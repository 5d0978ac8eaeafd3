//! What is left of a request that was served, for its caller to tell.

ghost use Rattle.std.specs.Prelude.{◌≡◌, None};
ghost use Rattle.ioa_serving.specs.Serving.{reports_of};

use crate::status::Status;

/// What a request that was served comes to: the exit status, and the reports of a run or what a watch counted, where they are to be told.
#[derive(Drop)]
pub struct Served {
    pub status: Status,
    pub reports: Option<String>,
}

/// It comes to this status, and nothing is left to tell.
pub fn silent(status: Status) -> Served
    ensures status { result.status ≡ status }
    ensures reports { reports_of result ≡ None }
{
    Served {
        status,
        reports: None,
    }
}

----

• _Problem details_
What you should produce is an exact retyping of every line above.

• _Expected answer_
repository 5d0978ac8eaeafd3
//! What is left of a request that was served, for its caller to tell.

ghost use Rattle.std.specs.Prelude.{◌≡◌, None};
ghost use Rattle.ioa_serving.specs.Serving.{reports_of};

use crate::status::Status;

/// What a request that was served comes to: the exit status, and the reports of a run or what a watch counted, where they are to be told.
#[derive(Drop)]
pub struct Served {
    pub status: Status,
    pub reports: Option<String>,
}

/// It comes to this status, and nothing is left to tell.
pub fn silent(status: Status) -> Served
    ensures status { result.status ≡ status }
    ensures reports { reports_of result ≡ None }
{
    Served {
        status,
        reports: None,
    }
}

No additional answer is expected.